A jury of eight men and four women acquitted the man unanimously after deliberating for 90 minutes, the Irish Examiner reported.
O'Connell's comments drew condemnation from women's rights groups and sparked calls to change the way rape trials are conducted in Ireland.
On Tuesday, protests reached Ireland's parliament, the Dail, where Ruth Coppinger, a member for Dublin West, produced a blue thong during a debate.
"It might seem embarrassing to show a pair of thongs here... how do you think a rape victim or a woman feels at the incongruous setting of her underwear being shown in a court," she asked fellow parliamentarians.
Coppinger led a protest march through Dublin city centre under the slogan "end victim blaming in the courts".
Meanwhile, about 200 protesters marched through the centre of Cork to lay underwear on the steps of the court where the trial had been held.
Noeline Blackwell, the head of the Dublin Rape Crisis Centre, told the Irish Independent: "The reference to the girl's underwear and the assumption and inference that the jury was being invited to draw - that because she was dressed like that she was asking for sex - does not surprise us.

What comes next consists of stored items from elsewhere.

impl<J> TableOf<J> {
    /// Every table is sound. The call does nothing: a caller learns this by it.
    pub(crate) fn tables_are_sound(&self)
        ensures { IsSoundTable self.now }
    {
        let _ = &self.job;
    }

    /// Whether a test is placed.
    pub fn is_placed(&self, test: usize) -> bool
        requires in_job { test < length self.now.job.tests }
        ensures placed { result ≡ is_placed_in self.now.placed test }
        ensures sound { IsSoundTable self.now }
    {
        self.ends[test].is_some()
    }

    /// The latest end of the placed tests that precede a test, 0 where there is none.
    fn ready(&self, test: usize) -> u64
        requires in_job { test < length self.now.job.tests }
        ensures ready { result ≡ ready_at self.now.job self.now.placed test }
        ensures after { ComesAfter self.now.job self.now.placed test result }
        ensures most { result ≤ last_end_of self.now.job self.now.placed }
    {
        latest_end(earlier_than(&self.before, test), &self.ends)
    }

    /// The latest end of the placed tests that precede a test, or 0, and the test's length: the test doesn't end before,
    /// wherever it is placed.
    pub fn ready_end(&self, test: usize) -> u64
        requires in_job { test < length self.now.job.tests }
        ensures end { result
            ≡ ready_at self.now.job self.now.placed test + cycles_of self.now.job test }
        ensures sound { IsSoundTable self.now }
    {
        self.ready(test) + self.own.tests[test].length
    }

    /// The least start from `start` on at which a test meets no placed one that excludes it.
    #[inline(always)]
    fn after_times(&self, test: usize, start: u64, last: u64) -> u64
        requires in_job { test < length self.now.job.tests }
        requires start { start ≤ last }
        requires last { last ≡ last_end_of self.now.job self.now.placed }
        ensures from { start ≤ result }
        ensures most { result ≤ last }
        ensures apart { MeetsNone self.now.job self.now.placed test result }
        ensures least { (other : ℕ) → start ≤ other →
            MeetsNone self.now.job self.now.placed test other → result ≤ other }
    {
        let wanted = &self.own.tests[test];
        let places = busy_places(wanted);
        after_busy(&self.times, places, wanted.length, start, last)
    }

    /// The least start from `start` on at which a test stays within the limit on power.
    fn after_draws(&self, test: usize, start: u64, last: u64) -> u64
        requires in_job { test < length self.now.job.tests }
        requires start { start ≤ last }
        requires last { last ≡ last_end_of self.now.job self.now.placed }
        ensures from { start ≤ result }
        ensures most { result ≤ last }
        ensures within { StaysWithin self.now.job self.now.placed test result }
        ensures least { (other : ℕ) → start ≤ other →
            StaysWithin self.now.job self.now.placed test other → result ≤ other }
    {
        let Some(limit) = self.own.power else {
            return start;
        };
        let wanted = &self.own.tests[test];
        after_power(
            &self.points,
            limit,
            &wanted.power,
            wanted.length,
            start,
            last,
        )
    }

    /// The end of the test that ends last, 0 where none is placed.
    fn last(&self) -> u64
        ensures last { result ≡ last_end_of self.now.job self.now.placed }
        ensures sound { IsSoundTable self.now }
    {
        last_of(&self.lasts)
    }

    /// A start before which a test doesn't fit, and at which the placed tests that precede it have ended.
    fn begin(&self, test: usize) -> u64
        requires in_job { test < length self.now.job.tests }
        ensures after { ComesAfter self.now.job self.now.placed test result }
        ensures most { result ≤ last_end_of self.now.job self.now.placed }
        ensures least { (other : ℕ) → Fits self.now.job self.now.placed test other →
            result ≤ other }
    {
        self.ready(test).max(self.bounds.values[test].start)
    }

    /// The least start at which a test fits beside the placed tests, by what they take.
    fn sought_start(&self, test: usize) -> u64
        requires in_job { test < length self.now.job.tests }
        ensures earliest { IsEarliest self.now.job self.now.placed test result }
        ensures at_last { result ≤ last_end_of self.now.job self.now.placed }
        ensures sound { IsSoundTable self.now }
    {
        let last = self.last();
        let first = self.begin(test);
        let mut free = self.after_times(test, first, last);
        'starts: loop {
            let within = self.after_draws(test, free, last);
            if within == free {
                return free;
            }
            let next = self.after_times(test, within, last);
            if next == within {
                return within;
            }
            free = next;
        }
    }

    /// One more than how many tests are placed.
    fn depth(&self) -> usize
        ensures depth { result ≡ length self.now.placed + 1 }
        ensures sound { IsSoundTable self.now }
    {
        self.trail.len() + 1
    }

    /// What is noted of a test.
    fn note_of(&self, test: usize) -> Note
        requires in_job { test < length self.now.job.tests }
        ensures found { result.depth ≡ length self.now.placed + 1 →
            IsEarliest self.now.job self.now.placed test result.start }
        ensures at_last { result.depth ≡ length self.now.placed + 1 →
            result.start ≤ last_end_of self.now.job self.now.placed }
        ensures sound { IsSoundTable self.now }
    {
        self.bounds.values[test]
    }

    /// The least start at which a test fits beside the placed tests: at no cycle it meets a test of its bus, of its
    /// module, of that one's direct parent or of a direct child, the power stays within the limit, and the placed tests
    /// that precede it have ended. It is the end of the last placed test at the latest.
    pub fn earliest(&self, test: usize) -> u64
        requires in_job { test < length self.now.job.tests }
        ensures earliest { IsEarliest self.now.job self.now.placed test result }
        ensures at_last { result ≤ last_end_of self.now.job self.now.placed }
        ensures sound { IsSoundTable self.now }
    {
        let note = self.note_of(test);
        if note.depth == self.depth() {
            return note.start;
        }
        self.sought_start(test)
    }

    /// A cycle from which on a test fits within the limit on power beside the placed tests, whatever it is, if none of its steps draws
    /// more than `most`. It is the end of the last placed test at the latest.
    pub fn calm_from(&self, most: u64) -> u64
        ensures calm { IsCalm self.now.job self.now.placed most result }
        ensures at_last { result ≤ last_end_of self.now.job self.now.placed }
        ensures sound { IsSoundTable self.now }
    {
        let last = self.last();
        let Some(limit) = self.own.power else {
            return last;
        };
        calm_end(&self.points, limit.saturating_sub(most), last)
    }

    /// A start at which a test fits beside the placed tests. It is found without a look at what they draw: from a calm cycle on, if
    /// none of its steps draws more than that leaves free; else it is the end of the last placed test.
    pub fn calm_start(&self, test: usize, most: u64, calm: u64) -> u64
        requires in_job { test < length self.now.job.tests }
        requires calm { IsCalm self.now.job self.now.placed most calm }
        requires at_last { calm ≤ last_end_of self.now.job self.now.placed }
        ensures fits { Fits self.now.job self.now.placed test result }
        ensures at_last { result ≤ last_end_of self.now.job self.now.placed }
        ensures sound { IsSoundTable self.now }
    {
        let last = self.last();
        if !are_low(&self.own.tests[test].power, most) {
            return last;
        }
        let first = self.ready(test).max(calm);
        self.after_times(test, first, last)
    }

    /// Where a test ends if it starts at the least start at which it fits beside the placed tests.
    pub fn end_now(&self, test: usize) -> u64
        requires in_job { test < length self.now.job.tests }
        ensures end { (start : ℕ) × IsEarliest self.now.job self.now.placed test start
            × (result ≡ start + cycles_of self.now.job test) }
        ensures sound { IsSoundTable self.now }
    {
        self.earliest(test) + self.own.tests[test].length
    }

    /// The least start at which a test fits, as [`TableOf::earliest`] answers it. It is noted, as by [`TableOf::note`].
    pub fn noted_start(&mut self, test: usize) -> u64
        requires in_job { test < length self.old.job.tests }
        ensures earliest { IsEarliest self.old.job self.old.placed test result }
        ensures same { self.new ≡ self.old }
        ensures sound { IsSoundTable self.new }
    {
        let start = self.earliest(test);
        let depth = self.depth();
        renew_note(&mut self.bounds, test, Note { start, depth });
        start
    }

    /// Notes the least start at which a test fits, so that it is found sooner beside more placed tests. What is placed stays
    /// as it was. Notes are taken back with the placement under which they were made; where there is no room, nothing is
    /// noted.
    pub fn note(&mut self, test: usize)
        requires in_job { test < length self.old.job.tests }
        ensures same { self.new ≡ self.old }
        ensures sound { IsSoundTable self.new }
    {
        self.noted_start(test);
    }

    /// Takes the points at the end of the power profile out that no placed test needs any longer, so that no look at it passes them.
    /// What is placed stays as it was.
    pub fn forget_points(&mut self)
        ensures same { self.new ≡ self.old }
        ensures sound { IsSoundTable self.new }
    {
        drop_last_unused(&mut self.points);
    }

    /// Appends a placement, and answers how many there were.
    pub(crate) fn push(&mut self, test: usize, start: u64) -> usize
        requires { MayPlace self.old.job self.old.placed test start }
        ensures before { result ≡ length self.old.placed }
        ensures table { self.new
            ≡ record self.old { placed = self.old.placed ++ at_start test start ∷ [] } }
        ensures sound { IsSoundTable self.new }
    {
        let before = self.trail.len();
        let last = self.last();
        let wanted = &self.own.tests[test];
        let earlier = self.draws.len();
        push_draws(&mut self.draws, &wanted.power, start, wanted.length);
        add_drawn(
            self.own.power,
            &mut self.points,
            &self.draws,
            earlier,
            start,
        );
        let to = start + wanted.length;
        let places = busy_places(wanted);
        add_time(&mut self.times, places, Span { from: start, to });
        self.lasts.push_reserved(last.max(to));
        mark_changes(&mut self.bounds);
        self.ends[test] = Some(to);
        self.trail.push_reserved(Placement { test, start });
        before
    }

    /// Takes the last placement back.
    fn pop(&mut self)
        requires { 1 ≤ length self.old.placed }
        ensures { self.new
            ≡ record self.old { placed = take (length self.old.placed - 1) self.old.placed } }
    {
        if let Some(last) = self.trail.pop() {
            let gone = &self.own.tests[last.test];
            let steps = gone.power.len();
            let count = self.draws.len() - steps;
            let to = last.start + gone.length;
            let from = last.start;
            let places = busy_places(gone);
            remove_time(&mut self.times, places, Span { from, to });
            take_drawn(
                self.own.power,
                &mut self.points,
                &self.draws,
                count,
                last.start,
            );
            self.draws.truncate(count);
            self.lasts.truncate(self.trail.len());
            undo_to_mark(&mut self.bounds);
            self.ends[last.test] = None;
        }
    }

    /// How many tests are placed.
    fn count(&self) -> usize
        ensures count { result ≡ length self.now.placed }
        ensures sound { IsSoundTable self.now }
    {
        self.trail.len()
    }

    /// Takes back all but the first `count` placements.
    pub(crate) fn pop_to(&mut self, count: usize)
        requires { count ≤ length self.old.placed }
        ensures table { self.new ≡ record self.old { placed = take count self.old.placed } }
        ensures sound { IsSoundTable self.new }
    {
        while self.count() > count {
            self.pop();
        }
    }

    /// Takes all placements back, and lets each test go over the bus and take the cycles that stand at its place, as
    /// [`crate::OwnTable::restart`] has it. Who holds a table that a frame lends can't call it: the frame would have nothing to take back.
    pub(crate) fn restart(&mut self, buses: &[Option<usize>], lengths: &[u64])
        requires buses { length buses.now ≡ length self.old.job.tests }
        requires lengths { length lengths.now ≡ length self.old.job.tests }
        requires room { All (λ bus. IfSome bus (λ k. k < WIRES_MOST)) buses.now }
        requires sound { IsSoundJob (job_over buses.now lengths.now self.old.job) }
        ensures empty { self.new
            ≡ record { job = job_over buses.now lengths.now self.old.job; placed = [] } }
        ensures sound { IsSoundTable self.new }
    {
        clear_times(&mut self.times);
        clear_ends(&mut self.ends);
        self.lasts.clear();
        self.draws.clear();
        self.points.clear();
        clear_trail(&mut self.trail);
        forget_notes(&mut self.bounds);
        send_over(&mut self.own.tests, buses, lengths);
    }
}
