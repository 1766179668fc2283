// The pattern of a page: the delimiter of each mode.
#![tactic(auto)]

ghost use Rattle.std.specs.Prelude.{◌≡◌, ◌++◌, ◌∷◌, []};
ghost use Rattle.line_page.specs.Pattern.{delimiter_of, mask_of};

use line_mode::LineMode;

// The delimiters and the first clock: bit p is one where position p has a transition. A mask, since an array would be laid out anew at every use.
const HSM_START: u64 = 0xF28F1AE;

const LSM_START: u64 = 0xDDDABFE;

// The positions from 1 to 27 at which every page of a mode has a transition.
pub fn start(mode: LineMode) -> u64
    ensures { result ≡ mask_of (delimiter_of mode ++ (27 ∷ [])) }
{
    if mode.slow { LSM_START } else { HSM_START }
}
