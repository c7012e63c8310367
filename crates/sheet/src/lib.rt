// The range sheet of the fitters, read into a site and written from one. Slots, channels, the blocked positions and the rule come beside it.
#![tactic(auto)]

ghost use Rattle.std.specs.Prelude.{◌≡◌, ◌+◌, ◌*◌, ◌≤◌, ◌<◌, length, drop, ltb};
ghost use Rattle.std.proofs.lemmas.List.Edits.{sets};
ghost use Rattle.laws.specs.Sum.{bit};
ghost use Rattle.text.specs.Decimal.{decimal};
ghost use Rattle.lines.specs.Format.{header};
ghost use Rattle.records.specs.Write.{written, laid_over};
ghost use Rattle.sheet.specs.Sheet.{lines_from, sheet_bytes};
ghost use Rattle.sheet.specs.Write.{sheet_written, sheet_out};
ghost use Rattle.sheet.specs.Read.{bad_sheet, judged, cells_read, read_sheet};

use lines::{Head, Line, NOWHERE, read_head, read_line};
use putlines::{put_cell, put_header};
use records::WriteError;
use site::{Fault, Site};

// Why a sheet is refused: its first bad line, from 1; or what is wrong with the record.
#[derive(Clone, Copy)]
pub enum SheetError {
    BadLine(usize),
    Record(Fault),
}

// The site, or a site of zeros beside the refusal.
#[derive(Clone, Copy)]
pub struct SheetRead {
    pub site: Site,
    pub answer: Result<(), SheetError>,
}

// A malformed sheet.
fn bad_at(line: usize) -> SheetRead
    ensures { result ≡ bad_sheet line }
{
    SheetRead {
        site: Site::zeros(),
        answer: Err(SheetError::BadLine(line)),
    }
}

// The site of a well formed sheet, unless its record is at fault.
#[tactic(auto, unfolding(crate::specs::Read::judged))]
fn judge(site: Site) -> SheetRead
    ensures { result ≡ judged site }
{
    match site.accepted() {
        Ok(()) => SheetRead {
            site,
            answer: Ok(()),
        },
        Err(f) => SheetRead {
            site: Site::zeros(),
            answer: Err(SheetError::Record(f)),
        },
    }
}

// The lines of n cells at `at`, and nothing after them.
fn read_cells(
    s: &[u8],
    at: usize,
    n: usize,
    slots: u16,
    channels: u16,
    blocked: [u64; 32],
    rule: u16,
) -> SheetRead
    requires { (0 < n) × (n ≤ 32) }
    ensures { result ≡ cells_read n (drop at s.now) slots channels blocked rule }
{
    let mut loads = [0u16; 32];
    let mut reach = [0u32; 32];
    let mut p = at;
    for k in 0..n {
        let Some(line) = read_line(s, p, n, k) else {
            return bad_at(k + 2);
        };
        loads[k] = line.load;
        reach[k] = line.row;
        p = line.next;
    }
    if p < s.len() {
        return bad_at(n + 2);
    }
    judge(Site {
        cells: n as u16,
        slots,
        channels,
        loads,
        reach,
        blocked,
        rule,
    })
}

// Reads a sheet, of a site with these slots, channels, blocked positions and this rule: 17, 1, 24, 3, then 20.
pub fn read_sheet(
    bytes: &[u8],
    slots: u16,
    channels: u16,
    blocked: [u64; 32],
    rule: u16,
) -> SheetRead
    ensures { result ≡ read_sheet bytes.now slots channels blocked rule }
{
    let h = read_head(bytes);
    let at = h.next;
    let n = h.cells;
    if at == NOWHERE {
        return bad_at(1);
    }
    read_cells(bytes, at, n, slots, channels, blocked, rule)
}

// One more, where the number is above the bound.
fn over(x: u16, most: u16) -> usize
    ensures value { result ≡ bit (ltb most x) }
    ensures upper_bound { result ≤ 1 }
{
    if most < x {
        return 1;
    }
    0
}

// How many digits a number has.
fn digits(x: u16) -> usize
    ensures value { result ≡ length (decimal x) }
    ensures upper_bound { result ≤ 5 }
{
    1 + over(x, 9) + over(x, 99) + over(x, 999) + over(x, 9999)
}

// The bytes of the first line.
fn header_len(n: usize) -> usize
    requires { n ≤ 32 }
    ensures value { result ≡ length (header n) }
    ensures upper_bound { result ≤ 300 }
{
    let mut need: usize = 11;
    for k in 0..n {
        need += 1 + digits((k + 1) as u16);
    }
    need
}

// The bytes of the line of the cell at index k, on a site with n cells.
fn line_len(n: usize, k: usize, load: u16) -> usize
    requires { (n ≤ 32) × (k < 32) }
    ensures value { result ≡ length (decimal (k + 1)) + length (decimal load) + 2 * n + 3 }
    ensures upper_bound { result ≤ 100 }
{
    let number = digits((k + 1) as u16);
    let more = digits(load);
    number + more + 2 * n + 3
}

// The bytes of the sheet.
fn sheet_len(s: Site) -> usize
    requires { s.cells ≤ 32 }
    ensures { result ≡ length (sheet_bytes s) }
{
    let n = s.cells as usize;
    let loads = s.loads;
    let mut need = header_len(n);
    for k in 0..n {
        need += line_len(n, k, loads[k]);
    }
    need
}

// The lines of the cells.
fn put_lines(out: &mut [u8], at: usize, s: Site)
    requires { (s.cells ≤ 32) × (at + length (lines_from s 0 s.cells) ≤ length out.old) }
    ensures { out.new ≡ sets out.old at (lines_from s 0 s.cells) }
{
    let n = s.cells as usize;
    let loads = s.loads;
    let reach = s.reach;
    let mut p = at;
    for k in 0..n {
        p = put_cell(out, p, n, k, loads[k] as usize, reach[k]);
    }
}

// The sheet of a site whose record is in order.
fn put_sheet(s: Site, out: &mut [u8]) -> Result<usize, WriteError>
    requires { s.cells ≤ 32 }
    ensures value { result ≡ written (sheet_bytes s) out.old }
    ensures out_after { out.new ≡ laid_over (sheet_bytes s) out.old }
{
    let need = sheet_len(s);
    if out.len() < need {
        return Err(WriteError::OutShort(need));
    }
    let at = put_header(out, s.cells as usize);
    put_lines(out, at, s);
    Ok(need)
}

// Writes the sheet of a site: 1, 24, 2, 3, 20, then 13.
#[tactic(auto, using(crate::proofs::WriteLaws::few_cells), unfolding(crate::specs::Write::sheet_written, crate::specs::Write::sheet_out))]
pub fn write_sheet(site: Site, out: &mut [u8]) -> Result<usize, WriteError>
    ensures value { result ≡ sheet_written site out.old }
    ensures out_after { out.new ≡ sheet_out site out.old }
{
    site.accepted()?;
    put_sheet(site, out)
}
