// The parts of a report, which the script puts together: the head of the page, and what a command printed, escaped, between two rows of the page. What is
// written is made by proved functions, piece by piece; here it is only written, by way of `reply`.
ghost use Rattle.std.specs.Prelude.{◌≤◌, ◌<◌, length};

use arguments::{NUMBERS, number};
use escaping::{put_escaped, whole_part};
use infiles::site_of;
use reply::result;

// Of a part, the row before its text and the row after it; 0 for none.
const BEFORE: usize = 4;

const AFTER: usize = 5;

// The most bytes of a piece: escaped, it has at most six times as many, which the buffer holds.
const PIECE: usize = 10000;

// The most bytes of a name.
const NAME: usize = 1024;

// How much of a text is its next piece.
fn next_piece(text: &[u8]) -> usize
    requires { 0 < length text.now }
    ensures some { 0 < result }
    ensures inside { result ≤ length text.now }
    ensures few { result ≤ 10000 }
{
    if text.len() <= PIECE {
        return text.len();
    }
    whole_part(&text[..PIECE])
}

// A text, escaped, piece by piece; whether it was written.
fn put_pieces(rt: &HostRuntime, input: &[u8], text: &mut [u8]) -> bool
    requires { 65536 ≤ length text.old }
{
    let mut from = 0;
    // Where a piece ends depends on the text.
    while from < input.len() {
        let rest = &input[from..];
        let n = next_piece(rest);
        let end = put_escaped(text, 0, &rest[..n]);
        if !result(rt, text, end) {
            return false;
        }
        from += n;
    }
    true
}

// A row of the page, or nothing; whether it was written.
fn put_row(rt: &HostRuntime, row: u16, text: &mut [u8]) -> bool
    requires { 65536 ≤ length text.old }
{
    if row == 0 {
        return true;
    }
    let end = say_report::put_report_row(text, 0, row as usize);
    result(rt, text, end)
}

// A row, the input escaped, a row; whether they were written.
fn put_part(rt: &HostRuntime, input: &[u8], text: &mut [u8]) -> bool
    requires { 65536 ≤ length text.old }
{
    if !put_row(rt, number(rt, BEFORE), text) {
        return false;
    }
    if !put_pieces(rt, input, text) {
        return false;
    }
    put_row(rt, number(rt, AFTER), text)
}

// The head of the page: a name, argument 4, and the size of the site.
pub fn run_report_head(rt: &HostRuntime, input: &[u8], text: &mut [u8])
    requires { 65536 ≤ length text.old }
{
    let Some(site) = site_of(rt, input, text) else {
        return;
    };
    let mut name = [0u8; NAME];
    let n = arguments::put(rt, NUMBERS, &mut name);
    let end = say_report::put_report_head(text, 0, &name[..n], site);
    reply::yes(rt, text, end);
}

// A part of the page.
pub fn run_report_part(rt: &HostRuntime, input: &[u8], text: &mut [u8])
    requires { 65536 ≤ length text.old }
{
    if !put_part(rt, input, text) {
        reply::unwritten(rt);
        return;
    }
    reply::fine(rt);
}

"It comes up very, very regularly how someone was dressed, the amount of drink they had taken, why they hadn't screamed if they were in trouble.
"These kind of mythologies and stereotypes around rape come up again and again in court cases, because the defence to rape is that the sex was consensual.
"So anything the defendant can do to suggest there was consent will be used," she said.
Charlie Flanagan, Ireland's minister for justice and equality, said he was open to the notion of changing the law on the conduct of rape trials but he would wait for the findings of a review group before making a decision.
"If there's legislative change necessary then I'd be very keen and I'd set about doing that," he said.
"But I believe it's more about the practice and procedure, particularly in the case that you mentioned," Flanagan told the Irish Examiner.
"I don't like to comment on individual cases, but it was a woman barrister who posed the question in that particular case."